### TASK REQUIREMENTS
In the records below, find the line with "else if (!isKnown(new" and the line with "if (pages.value !== ''"; return exactly those lines and every line between them.

== DATASET EXCERPTS

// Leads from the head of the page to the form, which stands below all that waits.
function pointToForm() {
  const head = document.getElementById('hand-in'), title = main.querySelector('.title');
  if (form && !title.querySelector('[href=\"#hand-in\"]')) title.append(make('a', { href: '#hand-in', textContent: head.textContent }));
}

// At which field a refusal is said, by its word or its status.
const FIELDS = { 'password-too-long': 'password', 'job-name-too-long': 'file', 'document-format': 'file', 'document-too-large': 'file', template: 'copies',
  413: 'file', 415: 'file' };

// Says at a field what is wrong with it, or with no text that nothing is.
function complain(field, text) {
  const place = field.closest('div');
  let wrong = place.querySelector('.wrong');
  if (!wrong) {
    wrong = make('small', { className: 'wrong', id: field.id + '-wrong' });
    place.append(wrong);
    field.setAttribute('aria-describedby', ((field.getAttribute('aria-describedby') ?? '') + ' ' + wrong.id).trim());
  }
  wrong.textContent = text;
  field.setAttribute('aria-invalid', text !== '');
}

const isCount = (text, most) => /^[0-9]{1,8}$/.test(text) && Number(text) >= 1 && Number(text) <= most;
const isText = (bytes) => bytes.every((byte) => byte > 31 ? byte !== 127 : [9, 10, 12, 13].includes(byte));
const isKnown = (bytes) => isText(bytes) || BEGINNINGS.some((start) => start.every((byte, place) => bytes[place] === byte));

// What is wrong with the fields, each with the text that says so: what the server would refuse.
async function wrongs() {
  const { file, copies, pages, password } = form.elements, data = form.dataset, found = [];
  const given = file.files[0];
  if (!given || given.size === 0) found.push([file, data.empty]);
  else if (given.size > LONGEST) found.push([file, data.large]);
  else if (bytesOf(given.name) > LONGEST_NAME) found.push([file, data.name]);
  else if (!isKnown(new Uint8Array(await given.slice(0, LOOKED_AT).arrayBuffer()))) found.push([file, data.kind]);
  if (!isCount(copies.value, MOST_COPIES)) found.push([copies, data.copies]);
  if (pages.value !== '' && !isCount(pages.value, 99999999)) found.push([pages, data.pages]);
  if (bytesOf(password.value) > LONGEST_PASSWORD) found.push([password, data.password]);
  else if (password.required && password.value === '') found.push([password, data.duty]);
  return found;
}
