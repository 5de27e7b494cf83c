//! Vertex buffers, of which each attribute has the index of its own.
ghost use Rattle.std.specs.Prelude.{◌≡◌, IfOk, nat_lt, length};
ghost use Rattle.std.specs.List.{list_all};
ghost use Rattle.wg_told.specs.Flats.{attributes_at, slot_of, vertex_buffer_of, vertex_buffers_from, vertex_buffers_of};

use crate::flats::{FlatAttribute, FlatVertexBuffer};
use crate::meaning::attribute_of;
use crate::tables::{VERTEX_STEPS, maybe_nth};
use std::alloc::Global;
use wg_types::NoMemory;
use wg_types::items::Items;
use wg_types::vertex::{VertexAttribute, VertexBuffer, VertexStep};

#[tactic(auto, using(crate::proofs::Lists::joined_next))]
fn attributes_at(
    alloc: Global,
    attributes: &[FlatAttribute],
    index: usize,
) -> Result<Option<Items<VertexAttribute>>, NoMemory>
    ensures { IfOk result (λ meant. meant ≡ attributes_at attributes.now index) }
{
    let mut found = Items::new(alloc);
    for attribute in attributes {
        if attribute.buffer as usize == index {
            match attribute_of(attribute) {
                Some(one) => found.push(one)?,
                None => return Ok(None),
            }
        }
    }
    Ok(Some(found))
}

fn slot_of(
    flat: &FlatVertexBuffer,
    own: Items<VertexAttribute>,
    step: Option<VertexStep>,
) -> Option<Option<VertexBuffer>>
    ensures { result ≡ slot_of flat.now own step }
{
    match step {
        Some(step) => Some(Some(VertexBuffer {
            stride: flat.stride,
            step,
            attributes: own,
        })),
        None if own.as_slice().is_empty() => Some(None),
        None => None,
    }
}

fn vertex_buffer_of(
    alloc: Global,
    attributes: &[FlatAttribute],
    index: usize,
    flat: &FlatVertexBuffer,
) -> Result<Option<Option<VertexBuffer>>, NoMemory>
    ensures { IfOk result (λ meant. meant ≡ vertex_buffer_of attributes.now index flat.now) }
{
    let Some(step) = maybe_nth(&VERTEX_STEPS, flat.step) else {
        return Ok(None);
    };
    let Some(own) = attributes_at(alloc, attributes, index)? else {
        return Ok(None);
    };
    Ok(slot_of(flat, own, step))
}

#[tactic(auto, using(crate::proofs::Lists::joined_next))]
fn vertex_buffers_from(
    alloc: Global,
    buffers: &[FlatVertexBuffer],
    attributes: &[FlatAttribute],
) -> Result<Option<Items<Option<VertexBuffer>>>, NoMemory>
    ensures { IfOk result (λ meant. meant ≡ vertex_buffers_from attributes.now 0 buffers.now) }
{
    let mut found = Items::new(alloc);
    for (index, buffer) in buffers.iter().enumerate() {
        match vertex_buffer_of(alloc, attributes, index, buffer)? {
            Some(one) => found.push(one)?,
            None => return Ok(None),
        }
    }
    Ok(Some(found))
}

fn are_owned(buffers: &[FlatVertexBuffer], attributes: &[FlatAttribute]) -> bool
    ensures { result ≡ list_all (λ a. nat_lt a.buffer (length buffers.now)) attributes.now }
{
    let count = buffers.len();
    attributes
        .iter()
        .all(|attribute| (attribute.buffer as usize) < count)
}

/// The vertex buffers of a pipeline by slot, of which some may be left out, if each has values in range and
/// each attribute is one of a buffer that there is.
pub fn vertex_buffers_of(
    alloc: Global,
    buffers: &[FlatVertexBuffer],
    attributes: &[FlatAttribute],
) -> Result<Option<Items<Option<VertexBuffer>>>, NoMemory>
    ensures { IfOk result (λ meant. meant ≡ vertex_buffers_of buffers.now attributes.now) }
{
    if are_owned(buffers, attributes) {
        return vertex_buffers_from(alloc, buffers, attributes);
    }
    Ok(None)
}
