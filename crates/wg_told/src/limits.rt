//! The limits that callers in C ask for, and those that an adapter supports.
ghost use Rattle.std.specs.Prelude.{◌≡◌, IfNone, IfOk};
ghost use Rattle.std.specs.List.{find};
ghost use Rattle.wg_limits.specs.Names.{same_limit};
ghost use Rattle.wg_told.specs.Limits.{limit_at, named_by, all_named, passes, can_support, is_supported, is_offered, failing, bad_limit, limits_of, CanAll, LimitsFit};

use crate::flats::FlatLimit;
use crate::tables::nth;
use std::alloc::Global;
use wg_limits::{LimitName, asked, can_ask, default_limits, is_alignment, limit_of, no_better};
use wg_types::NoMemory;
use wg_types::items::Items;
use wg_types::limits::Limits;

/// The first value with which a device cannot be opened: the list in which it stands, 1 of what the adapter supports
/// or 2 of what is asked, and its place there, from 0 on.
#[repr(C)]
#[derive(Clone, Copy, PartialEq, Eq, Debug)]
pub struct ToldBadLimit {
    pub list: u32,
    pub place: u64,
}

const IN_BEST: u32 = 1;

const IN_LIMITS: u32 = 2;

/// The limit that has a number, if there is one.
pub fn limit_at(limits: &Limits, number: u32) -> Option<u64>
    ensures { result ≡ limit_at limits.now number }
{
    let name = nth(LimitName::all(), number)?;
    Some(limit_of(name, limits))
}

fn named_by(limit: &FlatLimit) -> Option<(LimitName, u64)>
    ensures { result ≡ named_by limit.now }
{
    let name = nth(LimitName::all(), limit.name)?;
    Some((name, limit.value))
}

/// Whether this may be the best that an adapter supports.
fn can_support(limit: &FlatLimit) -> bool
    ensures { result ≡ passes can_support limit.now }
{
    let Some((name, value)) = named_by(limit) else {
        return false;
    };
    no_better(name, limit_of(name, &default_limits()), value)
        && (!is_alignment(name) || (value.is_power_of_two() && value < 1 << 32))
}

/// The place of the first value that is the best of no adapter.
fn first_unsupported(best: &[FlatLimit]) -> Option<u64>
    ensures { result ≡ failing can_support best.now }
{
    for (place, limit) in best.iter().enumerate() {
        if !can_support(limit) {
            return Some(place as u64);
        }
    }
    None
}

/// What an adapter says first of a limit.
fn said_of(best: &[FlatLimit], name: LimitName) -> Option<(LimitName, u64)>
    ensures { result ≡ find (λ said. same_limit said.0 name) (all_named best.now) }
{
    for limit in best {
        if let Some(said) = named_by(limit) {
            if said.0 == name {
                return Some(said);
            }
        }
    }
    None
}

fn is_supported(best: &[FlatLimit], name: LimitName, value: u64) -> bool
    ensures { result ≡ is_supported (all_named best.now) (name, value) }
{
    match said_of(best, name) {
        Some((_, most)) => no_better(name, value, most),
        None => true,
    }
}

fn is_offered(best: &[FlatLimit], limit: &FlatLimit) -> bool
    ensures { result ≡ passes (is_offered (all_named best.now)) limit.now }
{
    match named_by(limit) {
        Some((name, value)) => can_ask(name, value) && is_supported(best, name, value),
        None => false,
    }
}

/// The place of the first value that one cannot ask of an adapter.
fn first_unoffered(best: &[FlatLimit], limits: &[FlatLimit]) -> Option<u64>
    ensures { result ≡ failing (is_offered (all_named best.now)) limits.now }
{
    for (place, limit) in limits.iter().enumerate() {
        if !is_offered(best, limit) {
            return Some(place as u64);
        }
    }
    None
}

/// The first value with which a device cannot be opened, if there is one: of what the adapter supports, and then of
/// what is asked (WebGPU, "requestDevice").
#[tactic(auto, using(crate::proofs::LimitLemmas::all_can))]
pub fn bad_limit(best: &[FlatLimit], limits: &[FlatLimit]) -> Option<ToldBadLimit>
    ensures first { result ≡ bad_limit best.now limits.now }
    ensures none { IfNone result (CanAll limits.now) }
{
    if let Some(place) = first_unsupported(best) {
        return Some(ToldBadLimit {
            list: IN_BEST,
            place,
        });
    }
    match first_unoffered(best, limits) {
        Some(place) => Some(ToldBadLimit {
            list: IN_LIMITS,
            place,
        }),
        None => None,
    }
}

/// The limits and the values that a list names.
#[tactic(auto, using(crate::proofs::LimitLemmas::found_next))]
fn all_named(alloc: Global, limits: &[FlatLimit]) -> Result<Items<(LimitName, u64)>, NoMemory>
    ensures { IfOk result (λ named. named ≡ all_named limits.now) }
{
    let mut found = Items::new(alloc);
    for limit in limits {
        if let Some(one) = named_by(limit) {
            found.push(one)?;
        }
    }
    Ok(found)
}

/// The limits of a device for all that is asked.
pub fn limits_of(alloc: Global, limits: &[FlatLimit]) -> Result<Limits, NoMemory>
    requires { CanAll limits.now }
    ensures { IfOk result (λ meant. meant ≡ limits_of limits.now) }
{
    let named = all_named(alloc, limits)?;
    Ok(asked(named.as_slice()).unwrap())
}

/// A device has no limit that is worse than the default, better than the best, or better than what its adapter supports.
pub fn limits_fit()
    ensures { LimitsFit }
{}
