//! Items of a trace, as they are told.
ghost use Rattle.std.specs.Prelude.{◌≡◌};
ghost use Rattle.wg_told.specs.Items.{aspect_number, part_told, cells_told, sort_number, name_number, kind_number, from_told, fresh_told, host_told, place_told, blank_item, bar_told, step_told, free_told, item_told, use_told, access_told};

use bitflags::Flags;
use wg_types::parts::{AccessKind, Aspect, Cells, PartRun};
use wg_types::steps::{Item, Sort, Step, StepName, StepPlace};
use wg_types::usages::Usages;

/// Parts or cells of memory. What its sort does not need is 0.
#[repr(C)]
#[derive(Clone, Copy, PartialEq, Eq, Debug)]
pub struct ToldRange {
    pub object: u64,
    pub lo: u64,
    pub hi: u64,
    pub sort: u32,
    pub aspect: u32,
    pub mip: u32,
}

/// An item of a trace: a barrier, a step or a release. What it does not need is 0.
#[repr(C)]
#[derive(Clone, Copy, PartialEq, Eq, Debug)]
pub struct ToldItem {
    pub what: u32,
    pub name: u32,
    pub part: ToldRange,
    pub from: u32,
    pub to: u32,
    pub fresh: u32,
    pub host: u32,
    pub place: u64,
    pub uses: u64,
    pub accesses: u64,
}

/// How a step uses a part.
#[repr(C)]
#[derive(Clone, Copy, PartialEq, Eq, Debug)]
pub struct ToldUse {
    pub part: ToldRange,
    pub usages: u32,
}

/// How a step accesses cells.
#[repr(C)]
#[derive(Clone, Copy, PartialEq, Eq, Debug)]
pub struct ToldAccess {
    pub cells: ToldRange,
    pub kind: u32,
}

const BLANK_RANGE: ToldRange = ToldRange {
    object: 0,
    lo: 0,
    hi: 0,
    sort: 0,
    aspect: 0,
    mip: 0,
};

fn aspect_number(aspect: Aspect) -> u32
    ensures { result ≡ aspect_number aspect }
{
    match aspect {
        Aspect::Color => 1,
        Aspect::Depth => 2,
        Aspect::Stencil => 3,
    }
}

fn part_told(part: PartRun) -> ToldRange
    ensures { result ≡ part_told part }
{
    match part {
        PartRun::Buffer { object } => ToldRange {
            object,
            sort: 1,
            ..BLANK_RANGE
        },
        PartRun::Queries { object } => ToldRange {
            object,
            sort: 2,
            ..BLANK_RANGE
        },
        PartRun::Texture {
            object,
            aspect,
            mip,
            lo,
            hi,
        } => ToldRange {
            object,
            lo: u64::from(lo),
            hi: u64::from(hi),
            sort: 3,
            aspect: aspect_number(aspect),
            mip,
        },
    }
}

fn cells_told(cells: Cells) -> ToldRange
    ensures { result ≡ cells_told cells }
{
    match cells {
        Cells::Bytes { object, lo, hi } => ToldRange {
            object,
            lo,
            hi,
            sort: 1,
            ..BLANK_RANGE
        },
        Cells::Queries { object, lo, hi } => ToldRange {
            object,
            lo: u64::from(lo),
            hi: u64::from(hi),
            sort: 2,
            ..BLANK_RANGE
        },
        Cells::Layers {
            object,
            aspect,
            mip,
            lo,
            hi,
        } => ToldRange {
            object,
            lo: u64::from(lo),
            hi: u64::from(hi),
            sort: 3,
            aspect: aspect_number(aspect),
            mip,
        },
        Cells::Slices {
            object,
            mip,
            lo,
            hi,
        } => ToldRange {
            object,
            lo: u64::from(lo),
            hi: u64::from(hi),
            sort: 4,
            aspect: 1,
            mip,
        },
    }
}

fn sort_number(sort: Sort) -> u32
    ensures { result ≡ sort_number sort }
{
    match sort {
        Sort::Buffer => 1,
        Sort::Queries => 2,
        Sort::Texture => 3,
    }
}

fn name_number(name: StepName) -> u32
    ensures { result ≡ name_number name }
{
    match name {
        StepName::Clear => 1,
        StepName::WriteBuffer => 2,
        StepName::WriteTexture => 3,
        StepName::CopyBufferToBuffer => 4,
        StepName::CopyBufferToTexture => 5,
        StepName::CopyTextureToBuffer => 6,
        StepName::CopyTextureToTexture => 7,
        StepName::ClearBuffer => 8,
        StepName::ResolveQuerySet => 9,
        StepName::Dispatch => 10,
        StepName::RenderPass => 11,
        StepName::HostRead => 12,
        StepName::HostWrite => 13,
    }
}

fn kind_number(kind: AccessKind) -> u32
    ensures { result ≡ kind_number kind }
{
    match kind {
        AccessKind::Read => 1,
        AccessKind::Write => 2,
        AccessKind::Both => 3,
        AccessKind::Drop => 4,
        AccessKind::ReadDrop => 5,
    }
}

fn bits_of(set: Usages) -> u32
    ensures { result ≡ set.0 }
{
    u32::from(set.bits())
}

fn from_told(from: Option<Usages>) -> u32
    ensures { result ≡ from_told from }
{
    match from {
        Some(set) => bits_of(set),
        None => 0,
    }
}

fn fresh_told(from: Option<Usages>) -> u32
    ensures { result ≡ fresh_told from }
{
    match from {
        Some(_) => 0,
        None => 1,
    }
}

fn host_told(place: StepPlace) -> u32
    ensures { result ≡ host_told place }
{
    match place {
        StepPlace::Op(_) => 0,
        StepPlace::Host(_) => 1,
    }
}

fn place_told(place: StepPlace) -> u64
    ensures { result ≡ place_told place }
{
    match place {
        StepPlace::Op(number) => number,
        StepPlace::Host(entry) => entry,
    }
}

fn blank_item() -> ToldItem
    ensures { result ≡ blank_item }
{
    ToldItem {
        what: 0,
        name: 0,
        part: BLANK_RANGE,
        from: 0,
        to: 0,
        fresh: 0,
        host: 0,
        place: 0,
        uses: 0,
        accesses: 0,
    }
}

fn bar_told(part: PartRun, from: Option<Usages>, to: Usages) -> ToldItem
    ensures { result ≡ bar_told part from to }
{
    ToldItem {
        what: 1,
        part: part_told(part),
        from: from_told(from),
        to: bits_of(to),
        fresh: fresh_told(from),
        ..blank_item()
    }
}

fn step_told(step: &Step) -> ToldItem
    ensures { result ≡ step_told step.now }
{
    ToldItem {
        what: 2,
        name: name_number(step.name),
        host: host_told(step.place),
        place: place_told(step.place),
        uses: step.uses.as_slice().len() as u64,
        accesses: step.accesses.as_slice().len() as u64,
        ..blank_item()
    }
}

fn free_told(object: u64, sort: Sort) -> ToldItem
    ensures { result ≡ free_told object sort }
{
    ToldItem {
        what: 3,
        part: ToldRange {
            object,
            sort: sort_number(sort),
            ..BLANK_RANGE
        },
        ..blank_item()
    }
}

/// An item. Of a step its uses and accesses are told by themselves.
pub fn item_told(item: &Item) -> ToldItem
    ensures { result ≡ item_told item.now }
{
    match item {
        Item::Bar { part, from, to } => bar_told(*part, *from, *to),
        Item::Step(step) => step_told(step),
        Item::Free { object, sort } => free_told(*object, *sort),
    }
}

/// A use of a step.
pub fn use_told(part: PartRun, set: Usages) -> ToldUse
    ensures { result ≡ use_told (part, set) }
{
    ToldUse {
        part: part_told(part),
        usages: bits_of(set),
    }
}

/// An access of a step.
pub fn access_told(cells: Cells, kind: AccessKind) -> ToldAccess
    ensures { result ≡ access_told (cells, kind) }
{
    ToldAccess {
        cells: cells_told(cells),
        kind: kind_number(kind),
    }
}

====

### WORKED SOLUTION
  else if (!isKnown(new Uint8Array(await given.slice(0, LOOKED_AT).arrayBuffer()))) found.push([file, data.kind]);
  if (!isCount(copies.value, MOST_COPIES)) found.push([copies, data.copies]);
  if (pages.value !== '' && !isCount(pages.value, 99999999)) found.push([pages, data.pages]);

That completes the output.